§ WHAT IS REQUIRED
Which lines in the data contain the word "Served"? Please copy each of them.
**** INFORMATION PROVIDED ****
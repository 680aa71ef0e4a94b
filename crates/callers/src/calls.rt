// Each call of a session, made by a caller: its promise is a link of a trace.
ghost use Rattle.std.specs.Prelude.{length, []};
ghost use Rattle.machine.specs.Calls.{load, withdraw, close, round, reopen, verdict, print, save, expression};
ghost use Rattle.machine.specs.Marks.{on, mark, return_to};
ghost use Rattle.session.specs.Promise.{Fresh};
ghost use Rattle.demands.specs.Trace.{Served, exchange};

use session::{Reply, Session};

pub fn call_fresh() -> Session
    ensures { Fresh result }
{
    Session::fresh()
}

pub fn call_load(s: Session, batch: &[u8]) -> Reply
    ensures { Served s (exchange (on (load batch.now)) [] [] result) }
{
    s.load(batch)
}

pub fn call_withdraw(s: Session, batch: &[u8]) -> Reply
    ensures { Served s (exchange (on (withdraw batch.now)) [] [] result) }
{
    s.withdraw(batch)
}

pub fn call_close(s: Session) -> Reply
    ensures { Served s (exchange (on close) [] [] result) }
{
    s.close()
}

pub fn call_round(s: Session) -> Reply
    ensures { Served s (exchange (on round) [] [] result) }
{
    s.round()
}

pub fn call_reopen(s: Session) -> Reply
    ensures { Served s (exchange (on reopen) [] [] result) }
{
    s.reopen()
}

pub fn call_verdict(s: Session) -> Reply
    ensures { Served s (exchange (on verdict) [] [] result) }
{
    s.verdict()
}

pub fn call_print(s: Session, buffer: &mut [u8]) -> Reply
    ensures { Served s (exchange (on (print (length buffer.old)))
        buffer.old buffer.new result) }
{
    s.print(buffer)
}

pub fn call_save(s: Session, buffer: &mut [u8]) -> Reply
    ensures { Served s (exchange (on (save (length buffer.old)))
        buffer.old buffer.new result) }
{
    s.save(buffer)
}

pub fn call_expression(s: Session, buffer: &mut [u8]) -> Reply
    ensures { Served s (exchange (on (expression (length buffer.old)))
        buffer.old buffer.new result) }
{
    s.expression(buffer)
}

pub fn call_mark(s: Session, name: &[u8]) -> Reply
    ensures { Served s (exchange (mark name.now) [] [] result) }
{
    s.mark(name)
}

pub fn call_return(s: Session, name: &[u8]) -> Reply
    ensures { Served s (exchange (return_to name.now) [] [] result) }
{
    s.return_to(name)
}
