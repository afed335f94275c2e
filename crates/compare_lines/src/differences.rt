//! What is said of the lines of a pair.

use crate::written::{push_numbers, push_pair};
use compare_alignments::{Pair, Side};
use compare_answers::{LinesAnswer, OtherLine};
use compare_choices::Sheets;
use engine_stages::{GameFault, fault_text};
use explain_parts::say;
use game_turns::RuleFault;
use std::alloc::{AllocError, Global};

/// The words for a sheet.
fn name_of(side: Side) -> &'static str {
    match side {
        Side::First => "the first",
        Side::Second => "the second",
    }
}

/// The words for the other sheet.
fn other_name(side: Side) -> &'static str {
    match side {
        Side::First => "the second",
        Side::Second => "the first",
    }
}

/// Appends that the event of the pair at an index is refused, and why.
pub(crate) fn push_stop(
    alloc: Global,
    text: &mut Vec<u8>,
    sheets: &Sheets,
    at: Option<usize>,
    why: RuleFault,
) -> Result<(), AllocError> {
    if let Some(index) = at {
        if let Some(pair) = sheets.pairs.as_slice().get(index) {
            push_numbers(text, sheets, pair)?;
        }
    }
    let fault = fault_text(alloc, &GameFault::Rule(why))?;
    say!(text; " is refused: ", fault.as_slice())
}

/// Appends that the event is refused with the line of the sheet that is not taken.
fn push_refused(
    alloc: Global,
    text: &mut Vec<u8>,
    sheets: &Sheets,
    side: Side,
    at: Option<usize>,
    why: RuleFault,
) -> Result<(), AllocError> {
    say!(text; ": ", name_of(side), "; with ", other_name(side), ", ")?;
    push_stop(alloc, text, sheets, at, why)
}

/// Appends which line of an item is taken, and what comes of the other one.
fn push_taken(
    alloc: Global,
    text: &mut Vec<u8>,
    sheets: &Sheets,
    side: Side,
    other: OtherLine,
) -> Result<(), AllocError> {
    let taken = name_of(side);
    let sheet = other_name(side);
    match other {
        OtherLine::NotVaried => say!(text; ": not varied, ", taken, " is taken"),
        OtherLine::AsGood => say!(text; ": both stand"),
        OtherLine::Refused { at, why } => push_refused(alloc, text, sheets, side, at, why),
        OtherLine::NoDeal => say!(text; ": ", taken, "; with ", sheet, " no deal yields the racks"),
        OtherLine::NoDealFound => say!(text; ": ", taken, "; with ", sheet, " no deal was found"),
        OtherLine::OtherScore { written, right } =>
            say!(text; ": ", taken, "; ", sheet, " gives ", right, ", and ", written, " is written"),
        OtherLine::MoreWrong => say!(text; ": ", taken, "; ", sheet, " leaves more wrong"),
    }
}

/// Appends what is said of the lines of a pair, unless they agree: the lines, and the right score, or which of them the rules support.
pub(crate) fn push_lines(
    alloc: Global,
    text: &mut Vec<u8>,
    sheets: &Sheets,
    pair: &Pair,
    answer: LinesAnswer,
) -> Result<(), AllocError> {
    match answer {
        LinesAnswer::Agree => return Ok(()),
        LinesAnswer::Differ => push_pair(text, sheets, pair)?,
        LinesAnswer::OtherScores { right } => {
            push_pair(text, sheets, pair)?;
            say!(text; ": the rules give ", right)?;
        }
        LinesAnswer::Taken { side, other } => {
            push_pair(text, sheets, pair)?;
            push_taken(alloc, text, sheets, side, other)?;
        }
    }
    say!(text; "\n")
}
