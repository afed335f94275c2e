//! A repair.

use crate::listed::Listed;
use crate::remains::Remains;
use gcg_read::Events;

/// A repair of a record: a single change after which it is a legal game, once its numbers are corrected.
#[derive(Drop)]
pub struct Repair {
    /// The change.
    pub listed: Listed,
    /// The events with the change, and with the scores and totals that the rules give.
    pub right: Events,
    /// What stays wrong on the sheet.
    pub remains: Remains,
}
****
§ RESPONSE TO THIS EXERCISE
ghost use Rattle.demands.specs.Trace.{Served, exchange};
    ensures { Served s (exchange (on (load batch.now)) [] [] result) }
    ensures { Served s (exchange (on (withdraw batch.now)) [] [] result) }
    ensures { Served s (exchange (on close) [] [] result) }
    ensures { Served s (exchange (on round) [] [] result) }
    ensures { Served s (exchange (on reopen) [] [] result) }
    ensures { Served s (exchange (on verdict) [] [] result) }
    ensures { Served s (exchange (on (print (length buffer.old)))
    ensures { Served s (exchange (on (save (length buffer.old)))
    ensures { Served s (exchange (on (expression (length buffer.old)))
    ensures { Served s (exchange (mark name.now) [] [] result) }
    ensures { Served s (exchange (return_to name.now) [] [] result) }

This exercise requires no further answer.